= William Robert Prince =

American pioneering horticulturist

William Robert Prince (November 6, 1795 in Flushing, New York – March 28, 1869 in Flushing) was a United States horticulture pioneer.

==Biography==
He was the son of horticulturist William Prince and Mary Stratton. He was educated at Jamaica Academy, Long Island, and at Boucherville, Canada. He imported the first merino sheep into the United States in 1816, continued the “Linnaean nurseries” of his father, and was the first to introduce silk culture and the Morus multicaulis for silk worms in 1837, but lost a large fortune by this enterprise, owing to the change in the tariff, which destroyed this industry for several years.

The troubles of the business obligated him to mortgage the Linnaean nurseries, and for a time control of them passed to Gabriel Winter, his brother-in-law. There was a printed dispute with the new owner to which the family attributed the death of his father. Prince eventually regained control of the nurseries. In 1849 he went to California, was a founder of Sacramento, and in 1851 traveled through Mexico. He introduced the culture of osiers and sorghum in 1854/5, and the Chinese yam in 1854.

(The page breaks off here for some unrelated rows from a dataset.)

//! What can go wrong with a script, and with reading it.
ghost use Rattle.std.specs.Prelude.{◌≡◌, Some};
ghost use Rattle.tp_script.specs.Fault.{fault_name, line_fault_text, number_of, refused_text};

use crate::source::Failed;
use std::alloc::{AllocError, AllocFailed};
use std::fmt;
use thiserror::Error;

/// Why there is no script.
#[derive(Clone, Copy, Debug, PartialEq, Eq, Error)]
pub enum ReadFault {
    /// Memory could not be had.
    #[error("out of memory")]
    NoMemory,
    /// The reader failed, or had not ended after all the requests that it may be asked.
    #[error("the script could not be read")]
    Read,
    /// The script is refused.
    #[error("{0}")]
    Script(Refused),
}

/// What is wrong with a line. Of several faults the first in this order counts: 6, 1, 7, 5, 2, 3, 4.
#[derive(Clone, Copy, Debug, PartialEq, Eq)]
pub enum LineFault {
    /// 1: an unknown first word, kind or act, a wrong number of words, a byte that isn't allowed, or an output
    /// without exactly two colons.
    Syntax,
    /// 2: a number word that isn't 1 to 20 digits, or outside its bounds.
    BadNumber,
    /// 3: a setting outside its range, too many servers, or a race with which too many passes are needed.
    BadLimits,
    /// 4: a recipe that is refused, or a `start` of a register that the server doesn't have.
    BadRecipe,
    /// 5: a name that isn't 1 to 8 small letters, that another server has, or that none has.
    BadName,
    /// 6: a line above 200 bytes, or a script above 65,536 bytes.
    TooLong,
    /// 7: a setting after a server, a line of the head after a command, or a line of any kind after
    /// `account`.
    Order,
}

impl LineFault {
    /// The number of the fault, 1 to 7.
    pub fn number(self) -> u8
        ensures { result ≡ number_of self }
    {
        match self {
            LineFault::Syntax => 1,
            LineFault::BadNumber => 2,
            LineFault::BadLimits => 3,
            LineFault::BadRecipe => 4,
            LineFault::BadName => 5,
            LineFault::TooLong => 6,
            LineFault::Order => 7,
        }
    }

    /// The name of the fault.
    fn name(self) -> &'static str
        ensures { result.now ≡ fault_name self }
    {
        match self {
            LineFault::Syntax => "Syntax",
            LineFault::BadNumber => "BadNumber",
            LineFault::BadLimits => "BadLimits",
            LineFault::BadRecipe => "BadRecipe",
            LineFault::BadName => "BadName",
            LineFault::TooLong => "TooLong",
            LineFault::Order => "Order",
        }
    }
}

impl fmt::Display for LineFault {
    ghost output = { λ fault. Some (line_fault_text fault) };

    fn fmt<W: fmt::Write>(&self, f: &mut fmt::Formatter<W>) -> fmt::Result {
        let number = self.number();
        let name = self.name();
        write!(f, "{number} {name}")
    }
}

/// Where a script is refused, and why.
#[derive(Clone, Copy, Debug, PartialEq, Eq)]
pub struct Refused {
    /// The number of its first faulty line, from 1 on; 0 where the script is too long as a whole.
    pub line: u32,
    /// The first fault of that line.
    pub fault: LineFault,
}

impl fmt::Display for Refused {
    ghost output = { λ refused. Some (refused_text refused) };

    fn fmt<W: fmt::Write>(&self, f: &mut fmt::Formatter<W>) -> fmt::Result {
        let line = self.line;
        let fault = self.fault;
        write!(f, "refused line {line}: {fault}")
    }
}

/// Why a line isn't read.
#[derive(Clone, Copy, Debug, PartialEq, Eq)]
pub enum LineError {
    /// Memory could not be had.
    NoMemory,
    /// The line has this fault.
    Fault(LineFault),
}

impl From<LineFault> for LineError {
    ghost use Rattle.tp_script.specs.declared.fault.LineError.TheVariants.{Fault};

    ghost from_gives = { λ fault e. e ≡ Fault fault };

    fn from(fault: LineFault) -> LineError {
        LineError::Fault(fault)
    }
}

impl From<AllocError> for LineError {
    ghost use Rattle.tp_script.specs.declared.fault.LineError.TheVariants.{NoMemory};

    ghost from_gives = { λ _ e. e ≡ NoMemory };

    fn from(_: AllocError) -> LineError {
        LineError::NoMemory
    }
}

impl<T: Drop> From<AllocFailed<T>> for LineError {
    ghost use Rattle.tp_script.specs.declared.fault.LineError.TheVariants.{NoMemory};

    ghost from_gives = { λ _ e. e ≡ NoMemory };

    fn from(_: AllocFailed<T>) -> LineError {
        LineError::NoMemory
    }
}

impl From<AllocError> for ReadFault {
    ghost use Rattle.tp_script.specs.declared.fault.ReadFault.TheVariants.{NoMemory};

    ghost from_gives = { λ _ e. e ≡ NoMemory };

    fn from(_: AllocError) -> ReadFault {
        ReadFault::NoMemory
    }
}

impl From<Failed> for ReadFault {
    ghost use Rattle.tp_script.specs.declared.fault.ReadFault.TheVariants.{Read};

    ghost from_gives = { λ _ e. e ≡ Read };

    fn from(_: Failed) -> ReadFault {
        ReadFault::Read
    }
}
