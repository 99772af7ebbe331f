//! How many workers the words ask for.
ghost use Rattle.std.specs.Prelude.{◌≡◌, ◌≤◌};
ghost use Rattle.std.specs.Option.{option_map};
ghost use Rattle.union_words.specs.Numbers;
ghost use Rattle.union_words.specs.Words;

use crate::number::{workers_of, workers_word};
use union_base::bytes::Bytes;

/// How many workers there are where the words do not say.
pub const USUAL_WORKERS: u32 = 4;

/// A number of workers, 1 to 64.
#[derive(Clone, Copy, Debug)]
pub struct Workers {
    number: u32,
    ghost least: { 1 ≤ number },
    ghost most: { number ≤ 64 },
}

impl Workers {
    /// As many as the text says, 1 to 64: None exactly where it is no such number. Takes no memory.
    pub fn read(text: &[u8]) -> Option<Workers>
        ensures { option_map (λ workers. workers.number) result ≡ Numbers.workers_of text.now }
    {
        let number = workers_of(text)?;
        Some(Workers {
            number: number as u32,
        })
    }

    /// How many there are. Takes no memory.
    pub fn number(&self) -> u32
        ensures value { result ≡ self.now.number }
        ensures least { 1 ≤ result }
        ensures most { result ≤ 64 }
    {
        self.number
    }
}

/// The workers, by a first word `--workers=N` where there is one, and the words after it. Takes no memory.
pub(crate) fn workers_in(words: &[Bytes]) -> (Workers, &[Bytes])
    ensures workers { result.0.number ≡ (Words.workers_in words.now).0 }
    ensures rest { result.1.now ≡ (Words.workers_in words.now).1 }
{
    match words {
        [word, rest @ ..] => match workers_word(word.bytes()) {
            Some(number) => (
                Workers {
                    number: number as u32,
                },
                rest,
            ),
            None => (usual_workers(), words),
        },
        [] => (usual_workers(), words),
    }
}

fn usual_workers() -> Workers
    ensures { result.number ≡ Words.usual_workers }
{
    Workers {
        number: USUAL_WORKERS,
    }
}
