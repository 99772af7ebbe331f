//! Numbers as the words give them: decimal digits without sign and without leading zero.
ghost use Rattle.std.specs.Prelude.{◌≡◌, ◌<◌, ◌≤◌, ◌^◌, ◌&&◌, nat_lt, IfSome, IsTrue, Some, None, if◌then◌else◌};
ghost use Rattle.std.specs.List.{list_all};
ghost use Rattle.std.specs.Option.{option_copied};
ghost use Rattle.std.specs.Char.{is_ascii_digit};
ghost use Rattle.union_words.specs.Numbers;

/// The most workers that the words may ask for.
pub const MOST_WORKERS: u64 = 64;

/// The most records that the words may ask the generator for.
pub const MOST_GENERATED: u64 = 200_000;

/// How many workers the text asks for, 1 to 64: None exactly where it is no such number. Takes no memory.
pub fn workers_of(text: &[u8]) -> Option<u64>
    ensures value { result ≡ Numbers.workers_of text.now }
    ensures within { IfSome result (λ workers. (1 ≤ workers) × (workers ≤ 64)) }
{
    number_within(1, MOST_WORKERS, text)
}

/// How many records the text asks the generator for, 1 to 200,000: None exactly where it is no such number. Takes no
/// memory.
pub fn count_of(text: &[u8]) -> Option<u64>
    ensures value { result ≡ Numbers.count_of text.now }
    ensures within { IfSome result (λ count. (1 ≤ count) × (count ≤ 200000)) }
{
    number_within(1, MOST_GENERATED, text)
}

/// The number with which the generator begins, 0 to 2^64 - 1: None exactly where the text is no such number. Takes no
/// memory.
pub fn seed_of(text: &[u8]) -> Option<u64>
    ensures { result ≡ Numbers.seed_of text.now }
{
    number_within(0, u64::MAX, text)
}

/// How many workers a word `--workers=N` asks for: None exactly where it is no such word. Takes no memory.
pub fn workers_word(word: &[u8]) -> Option<u64>
    ensures value { result ≡ Numbers.workers_word word.now }
    ensures within { IfSome result (λ workers. (1 ≤ workers) × (workers ≤ 64)) }
{
    workers_of(option_text(b"--workers=", word)?)
}

/// What stands after the name of an option, where the word begins with it. Takes no memory.
pub fn option_text<'a>(name: &[u8], word: &'a [u8]) -> Option<&'a [u8]>
    ensures { option_copied result ≡ Numbers.option_text name.now word.now }
{
    word.strip_prefix(name)
}

/// The number of the text: None exactly where the text is no number from `least` to `most`. Takes no memory.
pub fn number_within(least: u64, most: u64, text: &[u8]) -> Option<u64>
    ensures value { result ≡ Numbers.number_within least most text.now }
    ensures within { IfSome result (λ number. (least ≤ number) × (number ≤ most)) }
{
    if !is_number(text) {
        return None;
    }
    match value_of(text) {
        Some(value) if least <= value && value <= most => Some(value),
        _ => None,
    }
}

/// Whether the text is one or more decimal digits without leading zero.
fn is_number(text: &[u8]) -> bool
    ensures { result ≡ Numbers.is_number text.now }
{
    1 <= text.len() && are_digits(text) && !has_leading_zero(text)
}

fn are_digits(text: &[u8]) -> bool
    ensures { result ≡ list_all is_ascii_digit text.now }
{
    text.iter().all(|b| is_digit(*b))
}

fn is_digit(b: u8) -> bool
    ensures { result ≡ is_ascii_digit b }
{
    b.is_ascii_digit()
}

fn has_leading_zero(text: &[u8]) -> bool
    ensures { result ≡ Numbers.has_leading_zero text.now }
{
    match text {
        [first, _, ..] => *first == b'0',
        _ => false,
    }
}

/// The number that the digits write: None exactly where it is 2^64 or more.
fn value_of(digits: &[u8]) -> Option<u64>
    requires { IsTrue (Numbers.is_number digits.now) }
    ensures { result ≡ (if nat_lt (Numbers.value_of digits.now) (2 ^ 64) then Some
        (Numbers.value_of digits.now) else None) }
{
    match str::from_utf8(digits) {
        Ok(text) => match text.parse::<u64>() {
            Ok(value) => Some(value),
            Err(_) => None,
        },
        Err(_) => None,
    }
}
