//! What a trial generates, as the words say.
ghost use Rattle.std.specs.Prelude.{◌≡◌, ◌≤◌};
ghost use Rattle.std.specs.Option.{option_map};
ghost use Rattle.union_words.specs.Numbers;
ghost use Rattle.union_words.specs.Words;

use crate::number::{count_of, seed_of};
use crate::workers::Workers;

/// How many records a trial generates, 1 to 200,000, with which number it begins, and how many workers load them.
#[derive(Clone, Copy, Debug)]
pub struct Trial {
    seed: u64,
    count: u32,
    workers: Workers,
    ghost least: { 1 ≤ count },
    ghost most: { count ≤ 200000 },
}

impl Trial {
    ghost use Rattle.union_words.specs.Meanings.{trial_meaning};

    /// The trial of three words: None exactly where the first is no number from 0 to 2^64 - 1, the second none from 1 to
    /// 200,000, or the third none from 1 to 64. Takes no memory.
    pub fn read(seed: &[u8], count: &[u8], workers: &[u8]) -> Option<Trial>
        ensures { option_map trial_meaning result
            ≡ Words.numbers_job (Numbers.seed_of seed.now) (Numbers.count_of count.now)
            (Numbers.workers_of workers.now) }
    {
        let seed = seed_of(seed)?;
        let count = count_of(count)?;
        let workers = Workers::read(workers)?;
        Some(Trial {
            seed,
            count: count as u32,
            workers,
        })
    }

    /// The number with which the generator begins. Takes no memory.
    pub fn seed(&self) -> u64
        ensures { result ≡ self.now.seed }
    {
        self.seed
    }

    /// How many records are generated. Takes no memory.
    pub fn count(&self) -> u32
        ensures value { result ≡ self.now.count }
        ensures least { 1 ≤ result }
        ensures most { result ≤ 200000 }
    {
        self.count
    }

    /// How many workers load them. Takes no memory.
    pub fn workers(&self) -> Workers
        ensures { result ≡ self.now.workers }
    {
        self.workers
    }
}
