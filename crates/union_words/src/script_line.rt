//! One line of a script.
ghost use Rattle.std.specs.Prelude.{◌≡◌};
ghost use Rattle.union_words.specs.Meanings.{line_meaning};
ghost use Rattle.union_words.specs.ScriptLines as lines;
ghost use Rattle.union_words.specs.ScriptLines.{load_line, lone_line, script_line};

use crate::library_file::{LibraryFile, is_path};
use union_base::blanks::cut_at_blank;
use union_base::library_code::LibraryCode;

/// What a line of a script asks for. It borrows the line.
#[derive(Clone, Copy)]
pub enum ScriptLine<'a> {
    /// `load LIB PATH`: load the file of a library.
    Load(LibraryFile<'a>),
    /// `export`: write the export.
    Export,
    /// `works`: list the works.
    Works,
    /// `notices`: each later load writes what its turns changed.
    Notices,
    /// Any other line: it asks something of the catalogue, or begins with an unknown word.
    Ask(&'a [u8]),
    /// `load`, `export`, `works` or `notices` in no form of theirs. The line is refused.
    Word,
}

impl<'a> ScriptLine<'a> {
    /// What the line asks for (this project's own). Its first word ends at the first blank or at the end of the line; one
    /// blank follows it, and then the rest:
    ///
    /// | First word | Rest |
    /// |---|---|
    /// | `load` | a library code, one blank, and a path, which is all that is left |
    /// | `export`, `works`, `notices` | nothing |
    ///
    /// A line with one of these words and another rest is `Word`, and a line with none of them is `Ask`. A path is UTF-8 and
    /// at least one byte. Takes no memory.
    pub fn read(line: &'a [u8]) -> ScriptLine<'a>
        ensures { line_meaning result ≡ script_line line.now }
    {
        let (word, rest) = cut_at_blank(line);
        if word == b"load".as_slice() {
            load_line(rest)
        } else if word == b"export".as_slice() {
            export_line(rest)
        } else if word == b"works".as_slice() {
            works_line(rest)
        } else if word == b"notices".as_slice() {
            notices_line(rest)
        } else {
            ScriptLine::Ask(line)
        }
    }
}

/// What `load` with this rest asks for.
fn load_line(rest: &[u8]) -> ScriptLine<'_>
    ensures { line_meaning result ≡ load_line rest.now }
{
    let (code, path) = cut_at_blank(rest);
    match LibraryCode::read(code) {
        Some(library) if is_path(path) => ScriptLine::Load(LibraryFile { library, path }),
        _ => ScriptLine::Word,
    }
}

/// What `export` with this rest asks for.
fn export_line(rest: &[u8]) -> ScriptLine<'_>
    ensures { line_meaning result ≡ lone_line lines.Export rest.now }
{
    match rest {
        [] => ScriptLine::Export,
        _ => ScriptLine::Word,
    }
}

/// What `works` with this rest asks for.
fn works_line(rest: &[u8]) -> ScriptLine<'_>
    ensures { line_meaning result ≡ lone_line lines.Works rest.now }
{
    match rest {
        [] => ScriptLine::Works,
        _ => ScriptLine::Word,
    }
}

/// What `notices` with this rest asks for.
fn notices_line(rest: &[u8]) -> ScriptLine<'_>
    ensures { line_meaning result ≡ lone_line lines.Notices rest.now }
{
    match rest {
        [] => ScriptLine::Notices,
        _ => ScriptLine::Word,
    }
}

Just before the American Civil War, he passed control of the nurseries on to his sons. They finally elected not to continue in it, and the nurseries were sold at the end of the war. Spiritualism and the preparation of patent medicines were major occupations of his after he retired from the nursery business.

==Works==
- History of the Vine, with his father (New York, 1830)
- Pomological Manual, with his father (2 vols., 1832)
- Manual of Roses (1846)
He wrote numerous pamphlets on the mulberry, the strawberry, Dioscorea, medical botany, etc., and about two hundred descriptive catalogues of trees, shrubs, vines, plants, bulbs, etc. Many of his articles were published in Gardener's Monthly.

==Family==
He married Charlotte Goodwin Collins in 1826. They were the parents of New Mexico Territorial governor L. Bradford Prince.